---------- RECORDS SUPPLIED

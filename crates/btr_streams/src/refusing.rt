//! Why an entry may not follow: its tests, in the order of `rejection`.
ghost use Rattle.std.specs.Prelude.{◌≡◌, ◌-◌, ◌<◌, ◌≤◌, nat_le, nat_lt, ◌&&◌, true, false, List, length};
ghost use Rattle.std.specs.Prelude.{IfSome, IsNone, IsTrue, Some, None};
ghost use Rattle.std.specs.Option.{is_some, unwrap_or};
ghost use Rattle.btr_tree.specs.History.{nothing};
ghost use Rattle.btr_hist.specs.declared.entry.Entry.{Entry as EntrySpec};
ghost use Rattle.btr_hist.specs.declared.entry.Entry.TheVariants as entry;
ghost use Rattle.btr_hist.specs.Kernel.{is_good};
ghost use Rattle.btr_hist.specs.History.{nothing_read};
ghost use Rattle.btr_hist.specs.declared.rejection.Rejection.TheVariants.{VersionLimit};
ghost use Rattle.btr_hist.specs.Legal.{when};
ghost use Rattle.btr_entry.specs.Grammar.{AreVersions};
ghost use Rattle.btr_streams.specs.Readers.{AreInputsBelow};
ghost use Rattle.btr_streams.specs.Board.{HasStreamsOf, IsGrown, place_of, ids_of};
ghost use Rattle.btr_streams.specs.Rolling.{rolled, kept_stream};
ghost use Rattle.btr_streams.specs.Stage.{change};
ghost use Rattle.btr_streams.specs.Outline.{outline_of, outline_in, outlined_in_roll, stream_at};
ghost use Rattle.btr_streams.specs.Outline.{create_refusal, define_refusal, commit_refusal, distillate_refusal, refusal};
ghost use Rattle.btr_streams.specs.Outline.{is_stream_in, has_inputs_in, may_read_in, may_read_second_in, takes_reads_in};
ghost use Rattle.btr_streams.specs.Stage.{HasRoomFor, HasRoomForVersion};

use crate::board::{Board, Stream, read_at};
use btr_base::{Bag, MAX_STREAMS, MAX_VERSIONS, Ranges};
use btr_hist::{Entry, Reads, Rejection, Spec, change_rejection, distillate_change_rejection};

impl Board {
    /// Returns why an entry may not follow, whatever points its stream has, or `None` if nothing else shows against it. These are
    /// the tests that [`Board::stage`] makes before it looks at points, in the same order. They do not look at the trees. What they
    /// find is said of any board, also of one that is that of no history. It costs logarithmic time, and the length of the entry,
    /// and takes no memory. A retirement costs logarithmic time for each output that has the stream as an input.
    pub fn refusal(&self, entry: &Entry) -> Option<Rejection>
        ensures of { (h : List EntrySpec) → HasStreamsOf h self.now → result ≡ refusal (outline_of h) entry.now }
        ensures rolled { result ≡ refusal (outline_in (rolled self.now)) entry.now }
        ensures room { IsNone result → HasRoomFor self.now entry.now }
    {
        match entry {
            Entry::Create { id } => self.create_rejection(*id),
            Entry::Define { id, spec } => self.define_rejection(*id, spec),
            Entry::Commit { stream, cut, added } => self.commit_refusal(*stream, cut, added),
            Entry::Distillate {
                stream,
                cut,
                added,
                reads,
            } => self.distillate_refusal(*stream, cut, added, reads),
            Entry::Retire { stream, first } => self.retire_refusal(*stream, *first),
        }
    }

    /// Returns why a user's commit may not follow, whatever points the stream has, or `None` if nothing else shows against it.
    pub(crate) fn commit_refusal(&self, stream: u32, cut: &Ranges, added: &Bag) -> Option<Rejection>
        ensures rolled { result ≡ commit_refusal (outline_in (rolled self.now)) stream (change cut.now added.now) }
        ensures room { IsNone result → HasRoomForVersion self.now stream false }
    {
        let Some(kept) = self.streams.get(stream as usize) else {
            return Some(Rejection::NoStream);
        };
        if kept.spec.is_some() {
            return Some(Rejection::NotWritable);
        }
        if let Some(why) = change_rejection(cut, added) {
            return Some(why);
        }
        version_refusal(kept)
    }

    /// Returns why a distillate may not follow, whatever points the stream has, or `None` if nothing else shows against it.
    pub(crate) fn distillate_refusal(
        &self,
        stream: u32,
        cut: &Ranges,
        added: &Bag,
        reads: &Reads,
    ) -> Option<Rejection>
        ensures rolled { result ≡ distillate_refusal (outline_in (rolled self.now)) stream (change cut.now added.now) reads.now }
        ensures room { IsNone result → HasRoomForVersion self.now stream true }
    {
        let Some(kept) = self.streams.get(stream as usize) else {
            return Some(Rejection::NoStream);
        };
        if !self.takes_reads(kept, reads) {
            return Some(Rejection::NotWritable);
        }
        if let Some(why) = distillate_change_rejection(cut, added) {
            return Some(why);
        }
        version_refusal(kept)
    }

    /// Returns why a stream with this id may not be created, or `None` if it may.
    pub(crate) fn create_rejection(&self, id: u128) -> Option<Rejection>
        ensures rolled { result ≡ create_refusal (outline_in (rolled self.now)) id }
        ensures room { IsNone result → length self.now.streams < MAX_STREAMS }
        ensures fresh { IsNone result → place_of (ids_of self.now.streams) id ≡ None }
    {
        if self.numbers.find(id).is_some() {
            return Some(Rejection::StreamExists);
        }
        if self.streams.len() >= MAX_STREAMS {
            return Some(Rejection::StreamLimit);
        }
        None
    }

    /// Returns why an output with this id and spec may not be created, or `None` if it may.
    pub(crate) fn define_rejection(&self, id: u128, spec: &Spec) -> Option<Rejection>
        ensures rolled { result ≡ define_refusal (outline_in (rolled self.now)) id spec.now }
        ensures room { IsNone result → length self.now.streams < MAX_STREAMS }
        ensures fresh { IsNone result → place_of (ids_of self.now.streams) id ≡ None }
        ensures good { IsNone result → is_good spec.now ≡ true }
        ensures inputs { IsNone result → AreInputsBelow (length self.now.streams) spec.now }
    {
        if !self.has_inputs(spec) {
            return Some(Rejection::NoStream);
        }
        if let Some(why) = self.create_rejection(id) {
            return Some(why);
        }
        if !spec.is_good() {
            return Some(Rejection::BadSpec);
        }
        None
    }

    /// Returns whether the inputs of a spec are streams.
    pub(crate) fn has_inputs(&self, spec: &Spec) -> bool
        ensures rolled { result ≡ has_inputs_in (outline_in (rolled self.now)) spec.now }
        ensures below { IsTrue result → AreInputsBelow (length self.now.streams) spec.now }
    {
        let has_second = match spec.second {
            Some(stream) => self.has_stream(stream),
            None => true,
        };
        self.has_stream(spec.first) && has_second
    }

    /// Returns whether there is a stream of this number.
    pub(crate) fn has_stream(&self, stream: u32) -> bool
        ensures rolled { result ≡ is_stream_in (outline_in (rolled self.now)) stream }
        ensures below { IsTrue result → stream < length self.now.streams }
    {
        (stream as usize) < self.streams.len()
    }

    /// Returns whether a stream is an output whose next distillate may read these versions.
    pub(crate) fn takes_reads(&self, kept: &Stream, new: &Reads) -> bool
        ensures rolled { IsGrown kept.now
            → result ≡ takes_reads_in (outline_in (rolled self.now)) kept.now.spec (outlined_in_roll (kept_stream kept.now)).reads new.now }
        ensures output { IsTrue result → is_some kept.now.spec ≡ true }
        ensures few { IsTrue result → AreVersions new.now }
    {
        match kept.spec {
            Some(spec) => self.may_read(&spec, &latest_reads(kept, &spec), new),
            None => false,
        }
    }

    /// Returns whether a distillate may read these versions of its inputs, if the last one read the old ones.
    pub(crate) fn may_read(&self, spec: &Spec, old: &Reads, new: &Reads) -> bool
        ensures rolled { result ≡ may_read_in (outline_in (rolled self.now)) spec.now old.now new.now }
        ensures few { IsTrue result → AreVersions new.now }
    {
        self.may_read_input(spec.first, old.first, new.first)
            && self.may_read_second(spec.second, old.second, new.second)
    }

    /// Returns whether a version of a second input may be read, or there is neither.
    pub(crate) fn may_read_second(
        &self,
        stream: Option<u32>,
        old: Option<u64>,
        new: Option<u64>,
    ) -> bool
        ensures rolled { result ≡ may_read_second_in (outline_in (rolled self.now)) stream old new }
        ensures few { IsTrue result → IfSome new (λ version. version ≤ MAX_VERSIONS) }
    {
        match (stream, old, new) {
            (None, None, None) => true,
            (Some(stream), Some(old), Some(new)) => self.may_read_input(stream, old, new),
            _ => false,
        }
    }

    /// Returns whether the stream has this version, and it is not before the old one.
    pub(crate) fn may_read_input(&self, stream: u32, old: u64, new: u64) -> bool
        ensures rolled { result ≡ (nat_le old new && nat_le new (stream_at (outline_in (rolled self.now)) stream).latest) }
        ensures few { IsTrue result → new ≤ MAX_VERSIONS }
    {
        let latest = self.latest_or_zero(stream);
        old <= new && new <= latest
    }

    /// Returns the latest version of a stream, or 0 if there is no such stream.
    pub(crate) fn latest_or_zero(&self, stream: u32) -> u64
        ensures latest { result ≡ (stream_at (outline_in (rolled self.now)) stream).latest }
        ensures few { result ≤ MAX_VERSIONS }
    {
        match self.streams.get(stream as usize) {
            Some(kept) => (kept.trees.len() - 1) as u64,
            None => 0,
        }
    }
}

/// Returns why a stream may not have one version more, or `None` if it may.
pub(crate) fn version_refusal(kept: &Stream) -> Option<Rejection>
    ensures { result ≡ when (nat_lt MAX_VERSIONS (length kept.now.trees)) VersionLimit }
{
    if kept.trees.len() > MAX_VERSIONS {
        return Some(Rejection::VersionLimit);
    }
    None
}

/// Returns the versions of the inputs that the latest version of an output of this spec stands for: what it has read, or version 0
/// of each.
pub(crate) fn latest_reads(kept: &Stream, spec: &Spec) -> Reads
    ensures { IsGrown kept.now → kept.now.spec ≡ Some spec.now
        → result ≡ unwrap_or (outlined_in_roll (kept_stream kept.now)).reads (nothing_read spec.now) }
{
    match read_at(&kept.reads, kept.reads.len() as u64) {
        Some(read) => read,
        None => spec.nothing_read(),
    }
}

--------------------

▸ **TASK TO CARRY OUT**:
Among the lines above, which contain the word "HasRoomForVersion"? Copy every one.

▸ **ANSWER BELOW**:
ghost use Rattle.btr_streams.specs.Stage.{HasRoomFor, HasRoomForVersion};
        ensures room { IsNone result → HasRoomForVersion self.now stream false }
        ensures room { IsNone result → HasRoomForVersion self.now stream true }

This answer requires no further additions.